22 Jun Letter to the Irish Independent, 22nd June 2019. ‘Let’s look at the evidence when it comes to cannabis’
Peter Reynolds of CLEAR confronts the reefer madness of Irish psychiatrist, Professor Patricia Casey.
See her original column: ‘Dangers of sleepwalking into legalisation of cannabis use’
In response to Patricia Casey (Dangers of sleepwalking into legalisation of cannabis use’, 15th June 2019), how much longer must we be berated by the sort of arguments that Professor Casey puts forward? At best her column is disingenuous and misleading.
The ‘Cannabis Risk Alliance’ was directly contradicted by another group, similarly qualified, just a few days later and by the overwhelming weight of medical and scientific opinion around the world.
Research shows the risk of mental illness with cannabis is one in 20,000. By comparison the risk of being struck by lightning is one in 3000.
Medical cannabis is not “use of cannabis of the CBD variety”. Bedrocan, the leading EU medical cannabis supplier has three products with THC content of 22%, 13.5% and 14%. It’s clear Professor Casey simply doesn’t understand the subject.

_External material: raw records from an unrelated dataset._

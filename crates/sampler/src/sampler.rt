// The sampler: characters put together from the levels of a line, pulse by pulse. It never looks at
// the queue. A disabled receiver is given no pulses, so there is no state for it here.
ghost use Rattle.std.specs.Prelude.{◌≡◌};
ghost use Rattle.sampler.specs.Sampler.{arrived, finished, sampled, assembled, sample_of};

use character::break_character;
use feed::Setting;
use format::{Bits, Pulses};
use sampler_hunting::{Sampled, follow_low_stop, hunt, look_again, quiet, wait_for_end};
use sampler_state::{
    AFTER_LOW_STOP, ASSEMBLING, IN_BREAK, STARTING, Sampler, after_stop, assembling_at,
    character_of, empty_at, gap, samples_before_stop,
};

// "the character arrives at the first stop sample"
fn arrive(setting: Setting, value: u16, stop: bool) -> Sampled
    ensures { result ≡ arrived setting value stop }
{
    Sampled {
        next: after_stop(setting.sixteen, stop),
        started: false,
        came: Some(character_of(setting.format, value, stop)),
        change: false,
    }
}

// The stop sample. "All bits, parity and stop low: a zero with the break mark alone, break change
// set; hunting waits for 8 high pulses in a row".
fn finish(setting: Setting, value: u16, stop: bool) -> Sampled
    ensures { result ≡ finished setting value stop }
{
    if stop {
        return arrive(setting, value, true);
    }
    if value == 0 {
        return Sampled {
            next: empty_at(IN_BREAK, false, Pulses(7)),
            started: false,
            came: Some(break_character()),
            change: true,
        };
    }
    arrive(setting, value, false)
}

// A sample: one bit more above those taken, or the stop.
pub fn take_sample(sampler: Sampler, level: bool) -> Sampled
    ensures { result ≡ sampled sampler level }
{
    let setting = sampler.setting;
    let taken = sampler.taken.0;
    if taken < samples_before_stop(setting.format).0 {
        let weight = 1u16 << taken;
        let below = sampler.value % weight;
        let next = gap(setting.sixteen);
        if level {
            return quiet(assembling_at(setting, next, Bits(taken + 1), below + weight));
        }
        return quiet(assembling_at(setting, next, Bits(taken + 1), below));
    }
    finish(setting, sampler.value, level)
}

// "Then one sample each 16 pulses"
fn assemble(sampler: Sampler, level: bool) -> Sampled
    ensures { result ≡ assembled sampler level }
{
    if sampler.left.0 == 0 {
        return take_sample(sampler, level);
    }
    quiet(assembling_at(
        sampler.setting,
        Pulses(sampler.left.0 - 1),
        sampler.taken,
        sampler.value,
    ))
}

// One pulse of the receiver's clock: the level of the line, and the setting as it stands.
// Kept: a switch by number, for `phase` stands inside `Device`, where no closure and no enum can.
pub fn sample(sampler: Sampler, level: bool, setting: Setting) -> Sampled
    ensures { result ≡ sample_of sampler level setting }
{
    match sampler.phase {
        STARTING => look_again(sampler, level),
        ASSEMBLING => assemble(sampler, level),
        AFTER_LOW_STOP => follow_low_stop(sampler, level, setting),
        IN_BREAK => wait_for_end(sampler, level, setting),
        _ => hunt(sampler, level, setting),
    }
}
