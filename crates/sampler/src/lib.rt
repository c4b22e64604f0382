// The sampler of one receiver of the MC68681: characters put together from the levels of a line, pulse
// by pulse.
//
// It stands in a crate of its own because it never looks at the queue: here there is none. specs/ has
// its definitions under the same name.
#![tactic(auto)]

mod sampler;

pub use sampler::{sample, take_sample};
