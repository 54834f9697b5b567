// What both halves have: an answer with the half after it, and where the operation of a side stands. The definitions of specs/ say, over
// the half's record, what a call leaves, and what a step is: the word that a stage asks for, and what follows from the word found, or
// from none.
#![tactic(auto)]

ghost use Rattle.std.specs.Prelude.{◌≡◌, false};
ghost use Rattle.base_answers.specs.Told.{bare_reply, refusal_number};
ghost use Rattle.base_area.specs.declared.Ring.{Ring};
ghost use Rattle.base_side.specs.Place.{start_of, with_high, with_envelope, with_size, with_at, has_word};
ghost use Rattle.base_side.specs.Step.{next_by, onward, denied};

use base_answers::{Refusal, Reply, Said};
use base_area::Ring;

// Where an operation stands: its slot, that slot's high word as read, where the envelope starts, the text's length, the next
// text word. What else goes with a message stands beside its text in the half.
#[derive(Clone, Copy, PartialEq, Eq, Debug, Default)]
pub struct Cursor {
    pub envelope: u32,
    pub high: u16,
    pub size: u16,
    pub at: u16,
    pub slot: u8,
}

impl Cursor {
    // An operation at its beginning.
    pub fn start(slot: u8, envelope: u32, size: u16) -> Cursor
        ensures { result ≡ start_of slot envelope size }
    {
        Cursor {
            envelope,
            size,
            slot,
            ..Cursor::default()
        }
    }

    // Kept: a method for each definition `with_..`, so that a contract names what changes and nothing else.
    pub fn with_high(mut self, x: u16) -> Cursor
        ensures { result ≡ with_high self x }
    {
        self.high = x;
        self
    }

    pub fn with_envelope(mut self, x: u32) -> Cursor
        ensures { result ≡ with_envelope self x }
    {
        self.envelope = x;
        self
    }

    pub fn with_size(mut self, x: u16) -> Cursor
        ensures { result ≡ with_size self x }
    {
        self.size = x;
        self
    }

    pub fn with_at(mut self, x: u16) -> Cursor
        ensures { result ≡ with_at self x }
    {
        self.at = x;
        self
    }

    // Whether the text has a word k.
    pub fn has_word(self, k: usize) -> bool
        ensures { result ≡ has_word self k }
    {
        k < base_texts::words_of(self.size)
    }
}

// An answer, and the half after it.
#[derive(Clone, Copy, PartialEq, Eq, Debug)]
pub struct Stepped<S> {
    pub reply: Reply,
    pub half: S,
}

// What both halves have: a side for each ring, and the answers that carry no text.
pub trait Half: Copy {
    type Side;

    ghost sided: { Self → Ring → Self.Side → Self };

    ghost idle: { Self.Side };

    // The half with the side of a ring changed.
    fn with_side(self, ring: Ring, x: Self::Side) -> Self
        ensures { result ≡ sided self ring x };

    // A side with no operation.
    fn idle_side() -> Self::Side
        ensures { result ≡ idle };

    // The half with an answer that carries no text.
    final fn replies(self, said: Said) -> Stepped<Self>
        ensures { result ≡ record { reply = bare_reply said false; half = self } }
    {
        Stepped {
            reply: base_answers::bare(said, false),
            half: self,
        }
    }

    // A side's operation goes on.
    final fn goes(self, ring: Ring, x: Self::Side) -> Stepped<Self>
        ensures { next_by result ≡ onward (sided self ring x) }
    {
        self.with_side(ring, x).replies(Said::Going)
    }

    // A side's operation is refused, and ends.
    final fn refused(self, ring: Ring, x: Refusal) -> Stepped<Self>
        ensures { next_by result ≡ denied (sided self ring idle) (refusal_number x) }
    {
        self.with_side(ring, Self::idle_side())
            .replies(Said::Refused(x))
    }
}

Cannabis has been used as medicine for more than 5,000 years and doctors around the world now prescribe it with enormous benefit to patients. Some 99% of Irish doctors have not been educated in the endocannabinoid system, through which cannabis works. In other countries, medical cannabis has special regulations. Trying to regulate a 500 molecule medicine in the same way as single molecule pharmaceutical product is impossible.

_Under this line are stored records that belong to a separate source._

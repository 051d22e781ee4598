//! What holds of each command.

ghost use Rattle.std.specs.Prelude.{◌≡◌, ℕ, List, false};
ghost use Rattle.nv_line.specs.Request.{Request};
ghost use Rattle.nv_session.specs.Alike.{AlikeStates, handles_words};
ghost use Rattle.nv_session.specs.Machine.{State, Step, first_state, writes};

/// From one state a command prints one text, unless a stop was set for it. It leaves one state too, unless it is a file call
/// that writes: what such a call stores into words that nothing reads isn't said.
pub fn one_step()
    ensures text { (old new next : State) (request : Request) (text other : List ℕ) → old.armed ≡ false → Step old request text new → Step old request other next → text ≡ other }
    ensures left { (old new next : State) (request : Request) (text other : List ℕ) → old.armed ≡ false → writes request ≡ false → Step old request text new → Step old request other next
        → new ≡ next }
{}

/// From alike states a command prints one text and leaves alike states, unless a stop was set for it, or it shows or sets words by
/// their addresses. The state before the first line is alike itself, and so is what a command leaves of one that is.
pub fn alike_states_answer_alike()
    ensures text { (old other new next : State) (request : Request) (text another : List ℕ) → AlikeStates old other → old.armed ≡ false → handles_words request ≡ false
        → Step old request text new → Step other request another next → text ≡ another }
    ensures left { (old other new next : State) (request : Request) (text another : List ℕ) → AlikeStates old other → old.armed ≡ false → handles_words request ≡ false
        → Step old request text new → Step other request another next → AlikeStates new next }
    ensures first { AlikeStates first_state first_state }
    ensures itself { (old new : State) (request : Request) (text : List ℕ) → AlikeStates old old → old.armed ≡ false → Step old request text new → AlikeStates new new }
{}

Professor Casey is wrong about the Netherlands. By separating the cannabis market from hard drugs, the rate of heroin addiction is one-sixth that of Ireland. So talk about a ‘slippery slope’ and a “softening up process” is simply mischievous.
I agree that government must be careful of vested interest groups but these include doctors funded by pharmaceutical companies. Psychiatrists only see people with a problem and are blind to the benefits that 99% of people experience.
Can cannabis be misused and cause harm? Yes. Is the risk as great as with alcohol or tobacco? No. Is it any more than with coffee, bacon or chocolate? Not really. It really is time we acted in accordance with the evidence and not on scaremongering which verges on hysteria.